ÉTOUDI : Voici la dernière liste des candidats au poste de Vice-président

Paul Biya Moise Oswald Baboke aurait confié en privé sa stratégie de conquête

Wed, 1 Apr 2026 Source: www.camerounweb.com

La convocation du parlement en Congrès pour le jeudi 02 avril 2026 s’annonce explosif avec les bruits du couloir qui circulent sur les prétendants au poste de vice-président prévu par la réforme constitutionnelle.

Selon les confidences du lanceur d’alertes Paul Chouta, cette réforme viserait principalement la création d’un poste de vice-président, perçu par de nombreux observateurs comme un moyen d’organiser une succession contrôlée du président Paul Biya, sans passer immédiatement par des élections. Elle intervient aussi dans un contexte de rivalités internes au sommet de l’État, avec plusieurs figures influentes citées comme potentiels successeurs.

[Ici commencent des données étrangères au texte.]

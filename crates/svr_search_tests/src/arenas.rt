// An arena of one clause, and one of two.

ghost use Rattle.std.specs.Prelude.{◌≡◌, ◌<◌, ◌≤◌, true, [], Some, IfSome};
ghost use Rattle.svr_arena.specs.Layout.{names, watched, first, is_in};
ghost use Rattle.svr_arena.specs.Arena.{body};

use crate::memory::let_go;
use std::alloc::Global;
use svr_arena::Arena;

/// Whether an attached clause keeps its literals and is watched at the first two of them.
fn is_attached(arena: &mut Arena) -> bool
    requires codes { arena.old.codes ≡ 6 }
    requires names { names arena.old ≡ [] }
    requires spare { 11 ≤ arena.old.spare }
{
    let clause = arena.add(&[0, 2, 4]);
    let is_kept = arena.lits(clause) == [0, 2, 4].as_slice();
    arena.attach(clause);
    is_kept
        && arena.first_watch(0) == Some(clause)
        && arena.first_watch(2) == Some(clause)
        && arena.first_watch(4).is_none()
}

/// The first clause on the list of a literal.
fn first_on(arena: &Arena, lit: u64) -> Option<u64>
    requires { lit < arena.now.codes }
    ensures { IfSome result (λ c. is_in c (watched arena.now lit) ≡ true) }
{
    arena.first_watch(lit)
}

/// The clause behind one on the list of a literal.
fn next_on(arena: &Arena, clause: u64, lit: u64) -> Option<u64>
    requires lit { lit < arena.now.codes }
    requires on { is_in clause (watched arena.now lit) ≡ true }
    ensures { IfSome result (λ c. is_in c (watched arena.now lit) ≡ true) }
{
    arena.next_watch(clause, lit)
}

/// Whether just these clauses are on the list of a literal, in this order.
fn is_list(arena: &Arena, lit: u64, clauses: &[u64]) -> bool
    requires { lit < arena.now.codes }
{
    let mut at = first_on(arena, lit);
    for wanted in clauses {
        match at {
            Some(clause) => {
                if clause != *wanted {
                    return false;
                }
                at = next_on(arena, clause, lit);
            }
            None => return false,
        }
    }
    at.is_none()
}

/// Whether a clause has these literals, and stands first on the list of one.
#[tactic(auto, using(crate::proofs::Firsts::first_is_on))]
fn is_first(arena: &Arena, clause: u64, lit: u64, lits: &[u64]) -> bool
    requires lit { lit < arena.now.codes }
    requires name { is_in clause (names arena.now) ≡ true }
    ensures lits { result ≡ true → body arena.now clause ≡ lits.now }
    ensures first { result ≡ true → first (watched arena.now lit) ≡ Some clause }
    ensures on { result ≡ true → is_in clause (watched arena.now lit) ≡ true }
{
    arena.lits(clause) == lits && arena.first_watch(lit) == Some(clause)
}

/// Two attached clauses, which share a literal.
fn two_attached(arena: &mut Arena) -> (u64, u64)
    requires codes { arena.old.codes ≡ 6 }
    requires names { names arena.old ≡ [] }
    requires spare { 11 ≤ arena.old.spare }
    ensures codes { arena.new.codes ≡ 6 }
    ensures long { is_in result.0 (names arena.new) ≡ true }
    ensures short { is_in result.1 (names arena.new) ≡ true }
{
    let long = arena.add(&[0, 2, 4]);
    arena.attach(long);
    let short = arena.add(&[2, 5]);
    arena.attach(short);
    (long, short)
}

/// Whether both are on the lists of their first two literals, and on no other.
fn are_attached(arena: &Arena, long: u64, short: u64) -> bool
    requires { arena.now.codes ≡ 6 }
{
    is_list(arena, 0, &[long])
        && is_list(arena, 1, &[])
        && is_list(arena, 2, &[short, long])
        && is_list(arena, 3, &[])
        && is_list(arena, 4, &[])
        && is_list(arena, 5, &[short])
}

/// Whether the long clause gives its first literal for its last.
fn is_moved(arena: &mut Arena, long: u64) -> bool
    requires codes { arena.old.codes ≡ 6 }
    requires name { is_in long (names arena.old) ≡ true }
    ensures codes { arena.new.codes ≡ 6 }
    ensures names { names arena.new ≡ names arena.old }
{
    if !is_first(arena, long, 0, &[0, 2, 4]) {
        return false;
    }
    arena.move_watch(None, long, 0, 2);
    arena.lits(long) == [4, 2, 0].as_slice()
}

/// Whether the long clause is on the list of its new first literal, and no longer on that of the old one.
fn are_moved(arena: &Arena, long: u64, short: u64) -> bool
    requires { arena.now.codes ≡ 6 }
{
    is_list(arena, 0, &[])
        && is_list(arena, 2, &[short, long])
        && is_list(arena, 4, &[long])
        && is_list(arena, 5, &[short])
}

/// Whether the short clause could be taken off its lists.
#[tactic(auto, using(crate::proofs::Firsts::leads))]
fn is_detached(arena: &mut Arena, short: u64) -> bool
    requires codes { arena.old.codes ≡ 6 }
    requires name { is_in short (names arena.old) ≡ true }
    ensures { arena.new.codes ≡ 6 }
{
    if !is_first(arena, short, 2, &[2, 5]) {
        return false;
    }
    arena.detach(short);
    true
}

/// Whether the long clause alone is left.
fn is_alone(arena: &Arena, long: u64) -> bool
    requires { arena.now.codes ≡ 6 }
{
    is_list(arena, 2, &[long]) && is_list(arena, 4, &[long]) && is_list(arena, 5, &[])
}

/// Whether both clauses are watched at their first two literals, a watch that is moved goes from its old list to its new one, and a clause that is detached is on none.
fn are_watched(arena: &mut Arena) -> bool
    requires codes { arena.old.codes ≡ 6 }
    requires names { names arena.old ≡ [] }
    requires spare { 11 ≤ arena.old.spare }
{
    let (long, short) = two_attached(arena);
    are_attached(arena, long, short)
        && is_moved(arena, long)
        && are_moved(arena, long, short)
        && is_detached(arena, short)
        && is_alone(arena, long)
}

/// Whether an arena is right that is to have one clause, or two.
fn is_right(arena: &mut Arena, is_one: bool) -> bool
    requires codes { arena.old.codes ≡ 6 }
    requires names { names arena.old ≡ [] }
{
    match arena.reserve(11) {
        Ok(()) => {
            if is_one {
                is_attached(arena)
            } else {
                are_watched(arena)
            }
        }
        Err(_) => false,
    }
}

fn holds(alloc: Global, is_one: bool) -> bool {
    let mut made = Arena::new(alloc, 3);
    let is_so = match &mut made {
        Ok(arena) => is_right(arena, is_one),
        Err(_) => false,
    };
    let_go(made);
    is_so
}

#[test]
fn attaches_a_clause(rt: HostRuntime) {
    assert!(rt; holds(rt.alloc(), true));
}

#[test]
fn moves_and_detaches_watches(rt: HostRuntime) {
    assert!(rt; holds(rt.alloc(), false));
}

BREAKING NEWS: LE RÉGIME DE BIYA PREPARE LE COUP FATAL CE 2 AVRIL

Le Gré à Gré est en marche sous notre regard indifférent. Alors que le pays retient son souffle, l'appareil législatif s'emballe. Un arrêté du Bureau de l’Assemblée nationale, daté de ce 1er avril 2024, convoque le Parlement en Congrès pour ce jeudi 2 avril. L’ordre du jour est aussi laconique qu’explosif : « modifier certaines dispositions de la Constitution ».

Sous le vernis de la légalité institutionnelle, cette manœuvre parlementaire semble confirmer les révélations diffusées en exclusivité il y a plusieurs mois par Le TGV de l’info. L’enjeu central de cette révision constitutionnelle serait la création d’un poste de Vice-Président de la République.

Pour de nombreux observateurs de la scène politique camerounaise, cette modification n'est pas un ajustement technique, mais le pivot d’une stratégie de passation de pouvoir de « gré à gré ». Dans un régime verrouillé par Paul Biya depuis plus de 40 ans, l'instauration d'une vice-présidence permettrait de désigner un successeur constitutionnel sans passer par le verdict immédiat des urnes, court-circuitant ainsi toute transition démocratique réelle.

La guerre des clans au sommet de l’État

Cette accélération du calendrier législatif intervient dans un climat délétère marqué par une lutte de pouvoir féroce entre les différentes factions du régime. Le Palais d’Etoudi est devenu le théâtre d’une « guerre des clans » où chaque camp tente de placer son champion sur la rampe de lancement de la vice-présidence.

Parmi les noms qui circulent avec insistance pour incarner ce projet de succession dirigée, on retrouve :

• Franck Biya : Le fils du président, dont les partisans (les « Franckistes ») s'activent pour transformer une filiation biologique en destin politique.

• Ferdinand Ngoh Ngoh : Le tout-puissant Secrétaire Général de la Présidence, bénéficiant d'une délégation de signature permanente.

• Louis-Paul Motaze : L'actuel Ministre des Finances, figure influente du sérail.

• Samuel Mvondo Ayolo : Le Directeur du Cabinet Civil, gardien de l'agenda présidentiel.

• Oswald Baboke, Directeur Adjoint du Cabinet Civil et proche parmi les proches du couple présidentiel. Son nom revient avec insistance.

Selon des confidences recueillies dans les cercles restreints du pouvoir, ce dernier ne cacherait plus ses ambitions pouvoiristes.Plus troublant encore, Baboke aurait confié en privé sa stratégie de conquête : utiliser l'image et l'influence de Samuel Eto’o, comme un levier populaire pour servir ses propres desseins politiques. Une alliance de circonstance qui illustre la porosité dangereuse entre les institutions sportives et les ambitions de palais.

L'arrêté signé par Datouo Théodore, au nom du Bureau du Congrès, fixe le rendez-vous à 11 heures au Palais des Congrès de Yaoundé (Palais de verre Paul Biya). Le choix du « Congrès » (réunion de l’Assemblée nationale et du Sénat) permet une adoption rapide, loin des débats publics et de la contestation populaire.

En agissant ainsi, le régime Biya semble vouloir mettre le peuple camerounais et la communauté internationale devant le fait accompli. Si cette révision est adoptée, elle marquera un tournant historique : la transformation officielle d'une République en une forme de « monarchie républicaine » où la stabilité est achetée au prix de l'alternance démocratique.